Tuning QL (commands similarly organized):
python src/main/python/fine_tuning/run_batch.py --collection robust04 --model ql --threads 18 --run
python src/main/python/fine_tuning/run_batch.py --collection robust04 --model ql --threads 18 --run --fold_settings src/main/resources/fine_tuning/robust04-paper1-folds.json --verbose
python src/main/python/fine_tuning/run_batch.py --collection robust04 --model ql --threads 18 --run --fold_settings src/main/resources/fine_tuning/robust04-paper2-folds.json --verbose
Tuning BM25+RM3 (commands similarly organized):
python src/main/python/fine_tuning/run_batch.py --collection robust04 --model bm25+rm3 --threads 18 --run
python src/main/python/fine_tuning/run_batch.py --collection robust04 --model bm25+rm3 --threads 18 --run --fold_settings src/main/resources/fine_tuning/robust04-paper1-folds.json --verbose
python src/main/python/fine_tuning/run_batch.py --collection robust04 --model bm25+rm3 --threads 18 --run --fold_settings src/main/resources/fine_tuning/robust04-paper2-folds.json --verbose
Tuning BM25+Ax (commands similarly organized):
python src/main/python/fine_tuning/run_batch.py --collection robust04 --model bm25+axiom --threads 18 --run
python src/main/python/fine_tuning/run_batch.py --collection robust04 --model bm25+axiom --threads 18 --run --fold_settings src/main/resources/fine_tuning/robust04-paper1-folds.json --verbose
python src/main/python/fine_tuning/run_batch.py --collection robust04 --model bm25+axiom --threads 18 --run --fold_settings src/main/resources/fine_tuning/robust04-paper2-folds.json --verbose
Tuned parameter values for BM25+RM3:
- For the 2-fold cross-validation used in "paper 1", in terms of MAP
- For the 5-fold cross-validation used in "paper 2", in terms of MAP
To be clear, these are the tuned parameters on that fold, trained on the remaining folds.
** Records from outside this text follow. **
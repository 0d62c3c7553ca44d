ghost use Rattle.std.specs.Prelude.{◌↔◌, IsTrue};
ghost use Rattle.std.specs.Int.{IsGcd};
ghost use Rattle.poly_maps.specs.Fraction.{IsLowest, IsFraction};

/// A fraction: a numerator that may be negative, and a denominator.
#[derive(Clone, Copy, PartialEq, Eq, Debug)]
pub struct Frac {
    pub num: i128,
    pub den: u128,
}

impl Frac {
    /// Whether the fraction is in lowest terms, its denominator not being zero.
    pub fn is_lowest(self) -> bool
        ensures { IsTrue result ↔ IsLowest self }
    {
        are_lowest(self.num, self.den)
    }

    /// Whether the fraction is in lowest terms and not zero.
    pub fn is_reduced(self) -> bool
        ensures { IsTrue result ↔ IsFraction self }
    {
        self.num != 0 && self.is_lowest()
    }
}

/// Whether the numbers are the parts of a fraction in lowest terms.
fn are_lowest(num: i128, den: u128) -> bool
    ensures { IsTrue result ↔ IsLowest (record { num = num; den = den }) }
{
    den > 0 && common_divisor(num.unsigned_abs(), den) == 1
}

/// The greatest common divisor of two numbers, by Euclid's remainders.
fn common_divisor(a: u128, b: u128) -> u128
    ensures { IsGcd a b result }
{
    let mut above = a;
    let mut rest = b;
    while rest > 0 {
        let remainder = above % rest;
        above = rest;
        rest = remainder;
    }
    above
}
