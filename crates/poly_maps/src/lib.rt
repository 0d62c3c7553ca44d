//! Polynomials over residues, and the points at which they are taken.
#![tactic(auto)]

mod bound;
mod degrees;
mod enumeration;
mod fraction;
mod laws;
mod mono;
mod monomial_plan;
mod moving;
mod pair;
mod point;
mod poly;
mod powers;
mod quotient;
mod rational;
mod ray;
mod shift;
mod term_list;

pub use bound::{Bound, Bounds};
pub use degrees::{product_degrees, product_degrees_at_most};
pub use enumeration::monomials;
pub use fraction::Frac;
pub use laws::{
    coefficients_pin, congruent_values, cross_equality, entries_pin, fractions_pin,
    leading_is_greatest, members_pin, product_value, sums, within_by_degrees,
};
pub use mono::Mono;
pub use monomial_plan::MonomialPlan;
pub use moving::{moved_degrees, moved_there_and_back, moved_value, ray_value};
pub use pair::Pair;
pub use point::Point;
pub use poly::Poly;
pub use quotient::Quotient;
pub use rational::RatPoly;

/// Memory ran out.
pub type NoMemory = std::alloc::AllocError;

#[cfg(test)]
mod tests {
    use super::Point;

    fn crosses<T: Send + Sync>() -> bool {
        true
    }

    #[test]
    fn points_give_their_entries_and_cross_threads(rt: HostRuntime) {
        let one = [2_305_843_009_213_693_950];
        assert_eq!(rt; Point::of(&one).entries(), one.as_slice());
        let eight = [1, 2, 3, 4, 5, 6, 7, 8];
        assert_eq!(rt; Point::of(&eight).entries(), eight.as_slice());
        assert!(rt; crosses::<Point>());
    }
}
The following script will reconstruct the tuned runs for BM25+RM3:
python src/main/python/fine_tuning/reconstruct_robus04_tuned_run.py \
--index indexes/lucene-index.disk45 \
--folds src/main/resources/fine_tuning/robust04-paper1-folds.json \
--params src/main/resources/fine_tuning/params/params.map.robust04-paper1-folds.bm25+rm3.json \
--output run.robust04.bm25+rm3.paper1.txt
Change paper1 to paper2 to reconstruct using the folds in paper 2.
To reconstruct runs from other retrieval models, use the parameter definitions in src/main/resources/fine_tuning/params/, plugging them into the above command as appropriate.
Note that applying trec_eval to these reconstructed runs might yield AP that is a tiny bit different from the values reported above (difference of 0.0001 at the most).
This difference arises from rounding when averaging across the folds.
(Clarification, 2023/09): Note that the commands above reconstruct runs based on the tuned parameters from our papers. The effectiveness results may differ from those reported in our papers due to the regression differences described above.
The following documents commits that have altered effectiveness figures:
- commit
6e148c6(2023/09/16) - Regression experiments updated. - commit
64bae9c(7/3/2019) - Regression experiments here fixed. - commit
75e36f9(6/12/2019) - Upgrade to Lucene 8.0 breaks regression experiments here. - commit
407f308(1/2/2019) - Added results for axiomatic semantic term matching. - commit
e71df7a(12/18/2018) - Upgrade to Lucene 7.6. - commit
2c8cd7a(11/16/2018) - commit id referenced in SIGIR Forum article.